From 1989 to 1992, prices in Boston fell sharply, with condominium prices dropping as much as 40 percent. For a great many of those who bought condominiums during that period, selling could be done only at a significant loss. And, basically, many people refused to sell.

Their study, “Loss Aversion and Seller Behavior: Evidence From the Housing Market,” appeared in The Quarterly Journal of Economics in November 2001. The professors gathered data on almost 6,000 Boston condominium listings from 1991 to 1997 and showed that for essentially identical condominiums, people who had bought at the peak and were facing a loss generally listed their properties for significantly more than those who had bought at a time when prices were lower.

Properties listed above the market price just sat there. In the Boston market over all, sellers listed their properties for an average of 35 percent above the expected sale price, and less than 30 percent of the properties sold in fewer than 180 days. In other words, much of the market went into a deep freeze as many people held out for market prices that no one would reasonably pay.

In classical economics, that’s not supposed to happen, but the episode did comport with the behavioral economics theory of loss aversion: people have a visceral — some might say “irrational” — hatred of losing money. They try to avoid doing so, even when it goes against their own best interests.

Move ahead to September 2007. Many regions may be starting down a path like that of Boston’s market freeze of the 1990s. Wherever prices decline, look for lots of sellers holding out for unrealistic prices in a vain attempt to recoup their losses. It’s a hang-up that people have, and it can cause big problems. A number of houses with high prices just sit on the market while everyone waits.

One source of difficulty arises from a basic fact of real estate economics: about half of home purchases are by people moving within a metropolitan area. If sellers can’t sell their houses because they want too much for them, they also can’t become buyers of new homes.

“The buyers and the sellers are the same people in this market,” Professor Mayer said. “So if the sellers price so high that they, effectively, put themselves out of the market, it shows up on the buying side, too.”

He notes that economists at the Federal Reserve and elsewhere keep close tabs on this kind of behavior because the purchases of durable goods like furniture, appliances and televisions tend to run hand in hand with home purchases — and durables have a disproportionate influence on the business cycle. Further, because the freezing of the housing market makes it harder for people to move, it reduces the likelihood that they can quickly relocate for higher-paying jobs. Dysfunction in the housing market can spill over into the job market, too.

So by being hung up about whether your condominium will sell for what you paid for it, you aren’t just driving yourself crazy trying to get a buyer. You may be threatening the very performance of the economy and driving up the unemployment rate — provided that many others behave in a similar way.

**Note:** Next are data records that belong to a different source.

//! Rows of two longs, `id` and `v`, in two files `a` and `b`, and merges into them by `id`.
ghost use Rattle.std.specs.Prelude.{◌≡◌, ◌==◌, ◌∷◌, [], ◌<◌, true, length, IfOk, Some};
ghost use Rattle.std.specs.List.{list_all};
ghost use Rattle.predicates.specs.Truths.{is_bound};
ghost use Rattle.predicates.specs.Values.{is_expr_bound};
ghost use Rattle.op_types.specs.Bound.{are_sets_bound, is_by_source_bound, is_change_bound, is_matched_bound, is_merge_bound};

use merge_op::{MergeFault, Merged, merge_files};
use op_types::{BySource, Change, MergeOp, MergeSpec, SetTo};
use predicates::{Expr, Op, Operand, Pred};
use row_base::{
    Column, Datum, Items, Kind, NoMemory, Row, RowFault, Rows, ScannedFile, Schema, Text,
};
use sqlite_items::Boxed;
use std::alloc::Global;

/// What becomes of a row that a row of the source matches.
#[derive(Clone, Copy, Drop)]
pub enum Matched {
    /// There is no such clause.
    Stays,
    Goes,
    /// `v = source.v`
    Takes,
    /// `v = v + source.v`
    Adds,
}

/// What becomes of a row that none matches.
#[derive(Clone, Copy, Drop)]
pub enum Other {
    /// There is no such clause.
    Stays,
    Goes,
    /// `v = 0`
    Falls,
    /// `id = v + 1, v = id`
    Turns,
}

/// The clauses of a merge.
#[derive(Clone, Copy, Drop)]
pub struct Clauses {
    pub matched: Matched,
    /// Whether rows of the source are added.
    pub insert: bool,
    pub other: Other,
    /// The others are those with `v` above this.
    pub above: i64,
}

/// One column that is set.
fn one_set(alloc: Global, column: u32, value: Expr<u32>) -> Result<Items<SetTo<u32>>, NoMemory>
    ensures { IfOk result (λ s. s ≡ record { column = column; value = value } ∷ []) }
{
    let mut sets = Vec::with_capacity(alloc, 1)?;
    sets.push_reserved(SetTo { column, value });
    Ok(Items::from_vec(sets))
}

/// `v + source.v`
fn sum_of_both(alloc: Global) -> Result<Expr<u32>, NoMemory>
    ensures { IfOk result (λ e. is_expr_bound 2 2 e ≡ true) }
{
    let own = Boxed::new(alloc, Expr::Cell(1))?;
    let other = Boxed::new(alloc, Expr::SourceCell(1))?;
    Ok(Expr::Plus(own, other))
}

/// `v + 1`
fn one_more(alloc: Global) -> Result<Expr<u32>, NoMemory>
    ensures { IfOk result (λ e. is_expr_bound 2 0 e ≡ true) }
{
    let own = Boxed::new(alloc, Expr::Cell(1))?;
    let one = Boxed::new(alloc, Expr::Literal(Datum::Long(1)))?;
    Ok(Expr::Plus(own, one))
}

/// `id = v + 1, v = id`
fn turned(alloc: Global) -> Result<Items<SetTo<u32>>, NoMemory>
    ensures { IfOk result (λ s. are_sets_bound 2 0 s ≡ true) }
{
    let mut sets = Vec::with_capacity(alloc, 2)?;
    let value = one_more(alloc)?;
    sets.push_reserved(SetTo { column: 0, value });
    let value = Expr::Cell(0);
    sets.push_reserved(SetTo { column: 1, value });
    Ok(Items::from_vec(sets))
}

/// The clause of matched rows.
pub fn matched_clause(alloc: Global, matched: Matched) -> Result<Option<Change<u32>>, NoMemory>
    ensures { IfOk result (λ m. is_matched_bound 2 m ≡ true) }
{
    match matched {
        Matched::Stays => Ok(None),
        Matched::Goes => Ok(Some(Change::Delete)),
        Matched::Takes => Ok(Some(Change::Update(one_set(alloc, 1, Expr::SourceCell(1))?))),
        Matched::Adds => {
            let sum = sum_of_both(alloc)?;
            Ok(Some(Change::Update(one_set(alloc, 1, sum)?)))
        }
    }
}

/// `v > n`
fn above(n: i64) -> Pred<u32>
    ensures { is_bound 2 result ≡ true }
{
    Pred::Compare {
        op: Op::Gt,
        column: 1,
        right: Operand::Literal(Datum::Long(n)),
    }
}

/// The rows with `v` above a number that no row of the source matches.
fn others(n: i64, change: Change<u32>) -> BySource<u32>
    requires { is_change_bound 2 0 change ≡ true }
    ensures { is_by_source_bound 2 (Some result) ≡ true }
{
    BySource {
        pred: above(n),
        change,
    }
}

/// The clause of rows that no row of the source matches.
pub fn other_clause(alloc: Global, other: Other, n: i64) -> Result<Option<BySource<u32>>, NoMemory>
    ensures { IfOk result (λ b. is_by_source_bound 2 b ≡ true) }
{
    match other {
        Other::Stays => Ok(None),
        Other::Goes => Ok(Some(others(n, Change::Delete))),
        Other::Falls => {
            let zero = one_set(alloc, 1, Expr::Literal(Datum::Long(0)))?;
            Ok(Some(others(n, Change::Update(zero))))
        }
        Other::Turns => Ok(Some(others(n, Change::Update(turned(alloc)?)))),
    }
}

/// A row of two longs; `None` is null.
pub type Pair = (Option<i64>, Option<i64>);

/// A merge into two files.
#[derive(Clone, Copy, Drop)]
pub struct Case<'a> {
    pub clauses: Clauses,
    pub source: &'a [Pair],
    pub first: &'a [Pair],
    pub second: &'a [Pair],
    /// Whether `v` may be null.
    pub nulls: bool,
}

/// Why a merge has no result.
#[derive(Clone, Copy, Drop, PartialEq, Eq)]
pub enum Why {
    Ambiguous,
    Overflow,
    Row(RowFault),
}

/// What a merge comes to.
#[derive(Clone, Copy, Drop)]
pub enum Answer<'a> {
    /// These files are removed, and these rows come, in this order.
    Rows(&'a [&'a str], &'a [Pair]),
    /// There is no result because of this row.
    Fails(Why, Pair),
}

fn datum(number: Option<i64>) -> Datum {
    match number {
        Some(n) => Datum::Long(n),
        None => Datum::Null,
    }
}

/// These rows.
#[tactic(auto, using(crate::proofs::Wide::one_more))]
fn rows_of(alloc: Global, pairs: &[Pair]) -> Result<Rows, NoMemory>
    ensures { IfOk result (λ rs. list_all (λ r. length r == 2) rs ≡ true) }
{
    let mut rows = Rows::new(alloc);
    for (id, v) in pairs {
        rows.push_copy(&[datum(*id), datum(*v)])?;
    }
    Ok(rows)
}

/// Whether a datum is this number.
fn is_number(datum: &Datum, number: Option<i64>) -> bool {
    match datum {
        Datum::Long(n) => number == Some(*n),
        Datum::Null => number.is_none(),
        _ => false,
    }
}

/// Whether a row is this one.
fn is_pair(row: &[Datum], pair: Pair) -> bool {
    match row {
        [id, v] => is_number(id, pair.0) && is_number(v, pair.1),
        _ => false,
    }
}

/// Whether the rows are these, in this order.
fn are_rows(rows: &Rows, pairs: &[Pair]) -> bool {
    rows.len() == pairs.len()
        && rows
            .iter()
            .zip(pairs)
            .all(|(row, pair)| is_pair(row, *pair))
}

/// Whether the paths are these, in this order.
fn are_paths(paths: &[Text], names: &[&str]) -> bool {
    paths.len() == names.len()
        && paths
            .iter()
            .zip(names)
            .all(|(path, name)| path.as_str() == *name)
}

/// A file of these rows.
fn file(alloc: Global, path: &str, pairs: &[Pair]) -> Result<ScannedFile, NoMemory>
    ensures { IfOk result (λ f. list_all (λ r. length r == 2) f.rows ≡ true) }
{
    let path = Text::make(alloc, path)?;
    let rows = rows_of(alloc, pairs)?;
    Ok(ScannedFile { path, rows })
}

/// The two files.
fn files_of(alloc: Global, case: &Case<'_>) -> Result<Vec<ScannedFile>, NoMemory>
    ensures { IfOk result (λ fs. list_all (λ f. list_all (λ r. length r == 2) f.rows) fs.items ≡ true) }
{
    let mut files = Vec::with_capacity(alloc, 2)?;
    files.push_reserved(file(alloc, "a", case.first)?);
    files.push_reserved(file(alloc, "b", case.second)?);
    Ok(files)
}

fn longs(alloc: Global, name: &str, nullable: bool) -> Result<Column, NoMemory> {
    let name = Text::make(alloc, name)?;
    let kind = Kind::Long;
    Ok(Column {
        name,
        kind,
        nullable,
    })
}

/// `id long, v long`, or `v long not null`.
fn schema(alloc: Global, nulls: bool) -> Result<Schema, NoMemory>
    ensures { IfOk result (λ s. length s.columns ≡ 2) }
{
    let mut columns = Vec::with_capacity(alloc, 2)?;
    columns.push_reserved(longs(alloc, "id", true)?);
    columns.push_reserved(longs(alloc, "v", nulls)?);
    Schema::make(columns, Vec::new(alloc)).map_err(|_| NoMemory)
}

fn merge_of(alloc: Global, case: &Case<'_>) -> Result<MergeOp, NoMemory>
    ensures { IfOk result (λ m. is_merge_bound 2 m ≡ true) }
{
    let mut keys = Vec::with_capacity(alloc, 1)?;
    keys.push_reserved(0);
    let source = rows_of(alloc, case.source)?;
    let matched = matched_clause(alloc, case.clauses.matched)?;
    let by_source = other_clause(alloc, case.clauses.other, case.clauses.above)?;
    Ok(MergeSpec {
        keys: Items::from_vec(keys),
        source,
        matched,
        insert: case.clauses.insert,
        by_source,
    })
}

fn merged(alloc: Global, case: &Case<'_>) -> Result<Merged, MergeFault> {
    let files = files_of(alloc, case)?;
    let schema = schema(alloc, case.nulls)?;
    let op = merge_of(alloc, case)?;
    merge_files(alloc, &op, &schema, files)
}

/// Whether a fault is this one.
fn is_fault(fault: &MergeFault, why: Why, pair: Pair) -> bool {
    match fault {
        MergeFault::Ambiguous { row } => why == Why::Ambiguous && is_pair(row.as_slice(), pair),
        MergeFault::Overflow { row } => why == Why::Overflow && is_pair(row.as_slice(), pair),
        MergeFault::Row { row, fault } => why == Why::Row(*fault) && is_pair(row.as_slice(), pair),
        MergeFault::NoMemory => false,
    }
}

/// Whether what came of a merge is this.
fn is_answer(merged: &Result<Merged, MergeFault>, answer: Answer<'_>) -> bool {
    match (merged, answer) {
        (Ok(merged), Answer::Rows(removed, rows)) => {
            are_paths(merged.removed.as_slice(), removed) && are_rows(&merged.rows, rows)
        }
        (Err(fault), Answer::Fails(why, pair)) => is_fault(fault, why, pair),
        _ => false,
    }
}

/// Whether a merge comes to this.
pub fn comes_to(alloc: Global, case: &Case<'_>, answer: Answer<'_>) -> bool {
    let merged = merged(alloc, case);
    let comes = is_answer(&merged, answer);
    drop(merged);
    comes
}
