//! Merges as they are described, each row of the source beside each of the table, and what `merge_files` makes of the
//! same rows.
use crate::pairs::{Answer, Case, Clauses, Matched, Other, Pair, Why, comes_to};
use row_base::{NoMemory, RowFault};
use std::alloc::Global;
use std::test::Fail;

/// What comes of a row.
#[derive(Clone, Copy, Drop)]
enum Image {
    Stays,
    Goes,
    Becomes(Pair),
    Fails(Why),
}

fn is_match(row: &Pair, source: &Pair) -> bool {
    row.0.is_some() && row.0 == source.0
}

/// How many rows match this one.
fn count(rows: &[Pair], row: &Pair) -> usize {
    rows.iter().filter(|other| is_match(row, other)).count()
}

/// A new row, where `v` is a number and may not be null.
fn becomes(id: Option<i64>, v: Option<i64>) -> Image {
    match v {
        Some(_) => Image::Becomes((id, v)),
        None => Image::Fails(Why::Row(RowFault::Null { column: 1 })),
    }
}

fn sum(left: Option<i64>, right: Option<i64>) -> Option<i64> {
    left?.checked_add(right?)
}

/// What comes of a row that this row of the source matches.
fn matched_image(matched: Matched, row: &Pair, source: &Pair) -> Image {
    match matched {
        Matched::Stays => Image::Stays,
        Matched::Goes => Image::Goes,
        Matched::Takes => becomes(row.0, source.1),
        Matched::Adds => match sum(row.1, source.1) {
            Some(v) => becomes(row.0, Some(v)),
            None => Image::Fails(Why::Overflow),
        },
    }
}

/// What comes of a row that the clause of the others changes.
fn other_image(other: Other, row: &Pair) -> Image {
    match other {
        Other::Stays => Image::Stays,
        Other::Goes => Image::Goes,
        Other::Falls => becomes(row.0, Some(0)),
        Other::Turns => match sum(row.1, Some(1)) {
            Some(id) => becomes(Some(id), row.0),
            None => Image::Fails(Why::Overflow),
        },
    }
}

/// What comes of a row.
fn image_of(case: &Case<'_>, row: &Pair) -> Image {
    for source in case.source {
        if is_match(row, source) {
            return matched_image(case.clauses.matched, row, source);
        }
    }
    if row.1 > Some(case.clauses.above) {
        other_image(case.clauses.other, row)
    } else {
        Image::Stays
    }
}

/// Whether a row of a file is changed.
fn is_touched(case: &Case<'_>, rows: &[Pair]) -> bool {
    rows.iter()
        .any(|row| !matches!(image_of(case, row), Image::Stays))
}

/// Puts what comes of the rows of a file, where one of them is changed.
fn put_file(case: &Case<'_>, rows: &[Pair], out: &mut Vec<Pair>) -> Result<(), NoMemory> {
    if is_touched(case, rows) {
        for row in rows {
            match image_of(case, row) {
                Image::Stays => out.push(*row)?,
                Image::Becomes(new) => out.push(new)?,
                Image::Goes | Image::Fails(_) => {}
            }
        }
    }
    Ok(())
}

/// Puts the rows of the source that match none.
fn put_added(case: &Case<'_>, out: &mut Vec<Pair>) -> Result<(), NoMemory> {
    for row in case.source {
        if count(case.first, row) == 0 && count(case.second, row) == 0 {
            out.push(*row)?;
        }
    }
    Ok(())
}

fn rows_that_come(alloc: Global, case: &Case<'_>) -> Result<Vec<Pair>, NoMemory> {
    let mut rows = Vec::new(alloc);
    put_file(case, case.first, &mut rows)?;
    put_file(case, case.second, &mut rows)?;
    if case.clauses.insert {
        put_added(case, &mut rows)?;
    }
    Ok(rows)
}

/// The paths of the files that are removed.
fn removed(case: &Case<'_>) -> &'static [&'static str] {
    match (is_touched(case, case.first), is_touched(case, case.second)) {
        (true, true) => &["a", "b"],
        (true, false) => &["a"],
        (false, true) => &["b"],
        (false, false) => &[],
    }
}

/// Whether a clause changes a row that two rows of the source match.
fn is_ambiguous(case: &Case<'_>, row: &Pair) -> bool {
    !matches!(case.clauses.matched, Matched::Stays) && count(case.source, row) > 1
}

/// Why nothing comes of a row: it is ambiguous, or has another fault.
fn fault_of(case: &Case<'_>, row: &Pair, ambiguous: bool) -> Option<Why> {
    if ambiguous {
        return is_ambiguous(case, row).then_some(Why::Ambiguous);
    }
    match image_of(case, row) {
        Image::Fails(why) => Some(why),
        _ => None,
    }
}

/// The least row with a fault of this sort, of these and the one before.
fn least_fault(
    case: &Case<'_>,
    rows: &[Pair],
    ambiguous: bool,
    first: Option<(Why, Pair)>,
) -> Option<(Why, Pair)> {
    let mut least = first;
    for row in rows {
        if let Some(why) = fault_of(case, row, ambiguous) {
            match least {
                Some((_, before)) if before <= *row => {}
                _ => least = Some((why, *row)),
            }
        }
    }
    least
}

/// The least row with a fault of this sort.
fn fault(case: &Case<'_>, ambiguous: bool) -> Option<(Why, Pair)> {
    let least = least_fault(case, case.first, ambiguous, None);
    least_fault(case, case.second, ambiguous, least)
}

/// Whether a merge comes to what is described.
fn agrees(alloc: Global, case: &Case<'_>) -> Result<bool, NoMemory> {
    match fault(case, true).or(fault(case, false)) {
        Some((why, row)) => Ok(comes_to(alloc, case, Answer::Fails(why, row))),
        None => {
            let rows = rows_that_come(alloc, case)?;
            Ok(comes_to(alloc, case, Answer::Rows(removed(case), rows.as_slice())))
        }
    }
}

const MATCHED: [Matched; 4] = [Matched::Stays, Matched::Goes, Matched::Takes, Matched::Adds];

const OTHER: [Other; 4] = [Other::Stays, Other::Goes, Other::Falls, Other::Turns];

/// Whether merges of these rows with any clauses come to what is described.
fn all_agree(
    alloc: Global,
    source: &[Pair],
    first: &[Pair],
    second: &[Pair],
) -> Result<bool, NoMemory> {
    for matched in MATCHED {
        for other in OTHER {
            for insert in [false, true] {
                let clauses = Clauses {
                    matched,
                    insert,
                    other,
                    above: 1,
                };
                let case = Case {
                    clauses,
                    source,
                    first,
                    second,
                    nulls: false,
                };
                if !agrees(alloc, &case)? {
                    return Ok(false);
                }
            }
        }
    }
    Ok(true)
}

const ROWS: [Pair; 8] = [
    (Some(1), Some(2)),
    (None, Some(2)),
    (Some(2), Some(1)),
    (Some(1), Some(i64::MAX)),
    (Some(1), Some(0)),
    (Some(2), Some(3)),
    (Some(3), Some(4)),
    (None, Some(0)),
];

/// Some of the rows.
fn rows(at: usize, count: usize) -> &'static [Pair] {
    ROWS.get(at..at.saturating_add(count)).unwrap_or(&[])
}

#[test]
fn merges_come_to_what_is_described(rt: HostRuntime) -> Result<(), Fail> {
    let alloc = rt.alloc();
    for at in 0..6usize {
        for count in 0..4usize {
            for first in 0..6usize {
                let (source, left, right) = (rows(at, count), rows(first, 2), rows(4, count));
                assert!(rt;
                    all_agree(alloc, source, left, right)?,
                    "at {at}, {count}, {first}"
                );
            }
        }
    }
    Ok(())
}
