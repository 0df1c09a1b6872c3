//! Ways to cut a text into parts.

ghost use Rattle.std.specs.Prelude.{◌≡◌, ◌≤◌, ◌∷◌, ◌++◌, [], List, ℕ, IfOk, IsTrue, OnOk, length};
ghost use Rattle.std.specs.Prelude.{map};
ghost use Rattle.std.specs.List.{flat_map};
ghost use Rattle.sl_asm_print.specs.Splits.{AddsSplits, HasSplit, IsBetween, KeepsTexts, pieces};
ghost use Rattle.sl_show.specs.declared.templates.Part.{Part as PartOf};

use sl_show::Part;
use std::alloc::{AllocError, Global};

/// A text for each part.
pub type Split<'x> = Vec<&'x [u8]>;

/// Adds the front, if no text is left.
fn add_whole<'x>(
    alloc: Global,
    text: &[u8],
    front: &[&'x [u8]],
    out: &mut Vec<Split<'x>>,
) -> Result<(), AllocError>
    ensures { OnOk result (AddsSplits [] text.now (pieces front.now)
        out.old.items out.new.items) }
{
    if !text.is_empty() {
        return Ok(());
    }
    let whole = copied(alloc, front)?;
    out.push(whole)?;
    Ok(())
}

/// The pieces once more.
fn copied<'x>(alloc: Global, pieces: &[&'x [u8]]) -> Result<Split<'x>, AllocError>
    ensures { IfOk result (λ copy. copy.items ≡ pieces.now) }
{
    pieces.iter().copied().collect(alloc)
}

/// The least and the greatest length that the first part can have in a text that the parts show.
fn lengths_of(first: &Part, rest: &[Part], text: &[u8]) -> (usize, usize)
    ensures within { result.1 ≤ length text.now }
    ensures between { (shows : PartOf → List ℕ) → KeepsTexts shows
        → flat_map shows (first.now ∷ rest.now) ≡ text.now
        → IsBetween result.0 result.1 (length (shows first.now)) }
{
    let whole = text.len();
    if let Part::Text(own) = first {
        let end = own.len().min(whole);
        return (end, end);
    }
    if rest.is_empty() {
        return (whole, whole);
    }
    (0, whole)
}

/// Adds the ways to cut the text into these parts, each after the front.
fn add_splits<'x>(
    alloc: Global,
    parts: &[Part],
    text: &'x [u8],
    front: &mut Split<'x>,
    out: &mut Vec<Split<'x>>,
) -> Result<(), AllocError>
    ensures front { OnOk result (front.new.items ≡ front.old.items) }
    ensures splits { OnOk result (AddsSplits parts.now text.now (pieces front.old.items)
        out.old.items out.new.items) }
{
    let Some((first, rest)) = parts.split_first() else {
        return add_whole(alloc, text, front, out);
    };
    let depth = front.len();
    let (least, most) = lengths_of(first, rest, text);
    'ends: for end in least..most + 1 {
        let (piece, more) = text.split_at(end);
        if may_be_cut(first, rest, piece, more) {
            front.push(piece)?;
            add_splits(alloc, rest, more, front, out)?;
            front.truncate(depth);
        }
    }
    Ok(())
}

/// Whether a part can have the text.
fn can_be(part: &Part, piece: &[u8]) -> bool
    ensures { (shows : PartOf → List ℕ) → KeepsTexts shows → shows part.now ≡ piece.now
        → IsTrue result }
{
    match part {
        Part::Text(text) => text.as_slice() == piece,
        _ => true,
    }
}

/// Whether the text is the front, with more behind it or not.
fn has_front(text: &[u8], front: &[u8]) -> bool
    ensures { (rest : List ℕ) → text.now ≡ front.now ++ rest → IsTrue result }
{
    if text.len() < front.len() {
        return false;
    }
    'bytes: for index in 0..front.len() {
        if text[index] != front[index] {
            return false;
        }
    }
    true
}

/// Whether the text may be shown by the parts: it begins with the first of them, if that is a text.
pub fn begins_with(parts: &[Part], text: &[u8]) -> bool
    ensures { (shows : PartOf → List ℕ) → KeepsTexts shows → text.now ≡ flat_map shows parts.now
        → IsTrue result }
{
    match parts.first() {
        Some(Part::Text(first)) => has_front(text, first),
        _ => true,
    }
}

/// Whether the first part can have the piece, and the rest the text after it.
fn may_be_cut(first: &Part, rest: &[Part], piece: &[u8], more: &[u8]) -> bool
    ensures { (shows : PartOf → List ℕ) → KeepsTexts shows → shows first.now ≡ piece.now
        → more.now ≡ flat_map shows rest.now → IsTrue result }
{
    can_be(first, piece) && begins_with(rest, more)
}

/// All ways to cut the text into the parts. The only error is want of memory.
pub fn splits<'x>(
    alloc: Global,
    parts: &[Part],
    text: &'x [u8],
) -> Result<Vec<Split<'x>>, AllocError>
    ensures { IfOk result (λ out. (shows : PartOf → List ℕ) → KeepsTexts shows
        → flat_map shows parts.now ≡ text.now → HasSplit (map shows parts.now) out.items) }
{
    let mut front = Vec::with_capacity(alloc, parts.len())?;
    let mut out = Vec::new(alloc);
    add_splits(alloc, parts, text, &mut front, &mut out)?;
    Ok(out)
}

What is to be done? Well, if you are holding out for an above-market price to recoup your losses, perhaps you would do well to hear the advice that Professor Mayer gives his own family members.

“If you want to sell your house then you list it at the market price and you sell it,” he said. “If you don’t really want to sell then don’t put it on the market. But don’t say you want to sell and then set the price so high that you spend the year cleaning up every morning, having people walk through your living room and look in your medicine cabinets and reject you. That’s just painful — and expensive.”
His research offers a simple lesson for everyone out there waiting for a high price to push them back into the black: Get real.